*Work instruction*: Retrieve every line of the data holding the word "Abort".

*Materials provided*:
----------
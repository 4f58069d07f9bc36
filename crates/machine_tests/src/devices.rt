//! Devices that post what they complete, from threads of their own.

use crate::expect::{expect_eq, expect_ok};
use pool_book::Book;
use port_lines::read_devices;
use std::alloc::Global;
use std::process::Abort;
use std::sync::Wait;
use std::sync::atomic::{AtomicBool, AtomicU32, Ordering};
use std::thread::Threads;
use tp_port::{Completion, PortGate, open};
use tp_run::play_port;

/// What is posted is taken, by its device, and once.
#[test]
fn one_post_is_taken(rt: HostRuntime) {
    let alloc = rt.alloc();
    let quotas = expect_ok(&rt, vec![in alloc; 1_u32]);
    let (port, mut posts, mut pass) = expect_ok(&rt, open(alloc, quotas));
    let completion = Completion {
        callback: 7,
        error: 5,
        bytes: 512,
    };
    port.post(&rt, &mut posts[0], completion);
    let taken = port
        .take(&rt, &mut pass)
        .map(|posted| (posted.device, posted.completion.callback));
    expect_eq(&rt, taken, Some((1, 7)));
    expect_eq(&rt, port.take(&rt, &mut pass).is_none(), true);
    drop(pass);
    drop(posts);
    drop(port);
}

const TWO_DEVICES: &str = "device
op 0 512
op 5 0
device
op 0 1024
op 7 0
op 0 3
";

const COMPLETED: &str = "0 c2 complete-io 1 0 512 -> queued 1 1
0 c2 complete-io 2 5 0 -> queued 2 1
0 c3 complete-io 3 0 1024 -> queued 3 1
0 c3 complete-io 4 7 0 -> queued 4 1
0 c3 complete-io 5 0 3 -> queued 5 1
";

// So often the first device looks whether the second one is announced. That is long enough for another thread to come, and
// ends the test soon where there is none.
const MOST_LOOKS: u32 = 20_000_000;

// Holds device 1 before its first post until device 2 has been announced, but not for ever.
#[derive(Drop)]
struct Hold {
    // How often each of the two was announced.
    first: AtomicU32,
    second: AtomicU32,
    met: AtomicBool,
}

impl PortGate for Hold {
    fn before(&self, device: u32) {
        if device == 2 {
            self.second.fetch_add(1, Ordering::SeqCst);
            return;
        }
        self.first.fetch_add(1, Ordering::SeqCst);
        for _ in 0..MOST_LOOKS {
            if self.second.load(Ordering::SeqCst) != 0 {
                self.met.store(true, Ordering::SeqCst);
                return;
            }
        }
    }
}

// Whether device 1 was held until device 2 was announced. However that is, both are announced once, and what they complete
// is written.
fn devices_meet(rt: &(impl Abort + Threads + Wait + Sync), alloc: Global) -> bool {
    let gate = Hold {
        first: AtomicU32::new(0),
        second: AtomicU32::new(0),
        met: AtomicBool::new(false),
    };
    let devices = expect_ok(rt, read_devices(alloc, TWO_DEVICES.as_bytes()));
    let output = expect_ok(rt, play_port::<_, Book, Hold>(rt, alloc, &devices, &gate));
    let written = expect_ok(rt, str::from_utf8(&output.text));
    for line in COMPLETED.lines() {
        expect_eq(rt, written.contains(line), true);
    }
    expect_eq(rt, gate.first.load(Ordering::SeqCst), 1);
    expect_eq(rt, gate.second.load(Ordering::SeqCst), 1);
    gate.met.load(Ordering::SeqCst)
}

/// Devices really run on several threads: where device 1 is held before its first post until device 2 is announced, no run on
/// one thread goes on, since there device 1 ends before device 2 begins.
#[test]
fn port_two_devices(rt: HostRuntime) {
    let mut met = false;
    for _ in 0..10 {
        met = devices_meet(&rt, rt.alloc()) || met;
    }
    expect_eq(&rt, met, true);
}
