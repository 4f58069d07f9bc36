//! Tests of the machine and of the program over it, in a crate of their own: a crate that has tests is
//! proved again for them.

#![tactic(auto)]

#[cfg(test)]
mod actors;
#[cfg(test)]
mod books;
#[cfg(test)]
mod devices;
#[cfg(test)]
mod expect;
#[cfg(test)]
mod kept;
#[cfg(test)]
mod legacy;
#[cfg(test)]
mod libraries;
#[cfg(test)]
mod orders;
#[cfg(test)]
mod program;
#[cfg(test)]
mod reports;
#[cfg(test)]
mod sharing;
#[cfg(test)]
mod sleeping;
#[cfg(test)]
mod takes;
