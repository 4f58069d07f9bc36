//! The whole program over streams in memory.

use crate::expect::expect_ok;
use pool_book::Book;
use std::alloc::Global;
use std::process::Abort;
use std::sync::Wait;
use std::thread::Threads;
use tp_edge::{MemorySink, MemorySource};
use tp_run::{Status, WordList, tp_main};
use worker_gate::Gate;

/// How the program ends by the words of a line, and what the sink then holds. A take from the input has 16 bytes, and a
/// give 4.
pub fn run_program<Rt: Abort + Threads + Wait + Sync, G: Gate + Sync>(
    rt: &Rt,
    alloc: Global,
    line: &str,
    input: &str,
    gate: &G,
) -> (Status, Vec<u8>) {
    let words = words_of(rt, alloc, line);
    let bytes = expect_ok(rt, input.as_bytes().to_vec(alloc));
    let mut source = expect_ok(rt, MemorySource::new(alloc, bytes, 16, Vec::new(alloc)));
    let mut sink = expect_ok(rt, MemorySink::new(alloc, 10_000, 4, Vec::new(alloc)));
    let status = tp_main::<_, Book, _, _, _>(rt, alloc, &words, &mut source, &mut sink, gate);
    let held = expect_ok(rt, sink.bytes().to_vec(alloc));
    drop(words);
    drop(source);
    drop(sink);
    (status, held)
}

fn words_of(rt: &impl Abort, alloc: Global, line: &str) -> WordList {
    let mut words = WordList::new(alloc);
    for word in line.split(' ') {
        expect_ok(rt, words.push(word));
    }
    words
}
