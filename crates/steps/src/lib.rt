//! A counter of steps that takes no bytes when the program runs: contracts see it as a number, and
//! so can say how many steps a call takes at most.
//!
//! ```text
//! let mut steps = Steps::new();
//! heap.set(key, due, &mut steps);     // its contract bounds what it adds
//! ```

#![tactic(auto)]

ghost use Rattle.std.specs.Prelude.{◌≡◌, ◌+◌};

use ghost_copy::GhostCopy;
use std::marker::Model;
use std::mem;

// How many steps were counted: none, or one more than before.
#[derive(Drop)]
enum Count {
    Zero,
    More(GhostCopy<Count>),
}

/// A counter, seen as a number.
#[derive(Drop)]
pub struct Steps {
    count: GhostCopy<Count>,
}

impl Model for Steps {
    ghost use Rattle.std.specs.Prelude.{ℕ};
    ghost use Rattle.steps.specs.Counted.{count_of};

    ghost Value = { ℕ };

    ghost view = { λ s. count_of s.count.value };
}

impl Steps {
    /// A counter at 0.
    #[inline(always)]
    pub fn new() -> Steps
        ensures { result ≡ 0 }
    {
        Steps {
            count: GhostCopy::of(&Count::Zero),
        }
    }

    /// Counts one step.
    #[inline(always)]
    pub fn tick(&mut self)
        ensures { self.new ≡ self.old + 1 }
    {
        let before = mem::replace(&mut self.count, GhostCopy::of(&Count::Zero));
        self.count = GhostCopy::of(&Count::More(before));
    }
}
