//! Entries that are read back.

ghost use Rattle.tp_base.specs.Ranges.{IsCallInRange};

use crate::expect::{expect_eq, expect_ok};
use kept_book::Kept;
use pool_book::Book;
use recorded::{Recorded, program_limits};
use std::process::Abort;
use tp_base::answers::Answer;
use tp_base::calls::Call;
use tp_base::ids::Who;

// The entry at this place is of this actor, of a finish or of another call, and has this answer; `None`: there is none.
fn check_entry(
    rt: &impl Abort,
    kept: &Kept<Book>,
    index: u32,
    wanted: Option<(Who, bool, Answer)>,
) {
    let told = kept.entry(index).map(|entry| {
        let finishes = matches!(entry.call, Call::Finish);
        (entry.who, finishes, entry.answer)
    });
    expect_eq(rt, told, wanted);
}

// A step of one call.
fn take_step(kept: &mut Kept<Book>, who: Who, call: Call)
    requires { IsCallInRange call }
{
    kept.step(who, call);
}

/// A look is no entry, and behind the last one there is none.
#[test]
fn entries_are_read_back(rt: HostRuntime) {
    let (client, worker) = (Who::Client(1), Who::Worker(1));
    let mut kept = expect_ok(
        &rt,
        Kept::<Book>::try_open(rt.alloc(), program_limits(1, 2), 20),
    );
    take_step(&mut kept, client, Call::CreatePool);
    take_step(&mut kept, worker, Call::Attach);
    take_step(&mut kept, client, Call::Finish);
    let made = Answer::Made { number: 1 };
    check_entry(&rt, &kept, 0, Some((client, false, made)));
    check_entry(&rt, &kept, 1, Some((client, true, Answer::Done)));
    check_entry(&rt, &kept, 2, None);
    drop(kept);
}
----------
*Written response*:
use std::process::Abort;
fn devices_meet(rt: &(impl Abort + Threads + Wait + Sync), alloc: Global) -> bool {
use std::process::Abort;
pub fn run_program<Rt: Abort + Threads + Wait + Sync, G: Gate + Sync>(
fn words_of(rt: &impl Abort, alloc: Global, line: &str) -> WordList {
use std::process::Abort;
    rt: &impl Abort,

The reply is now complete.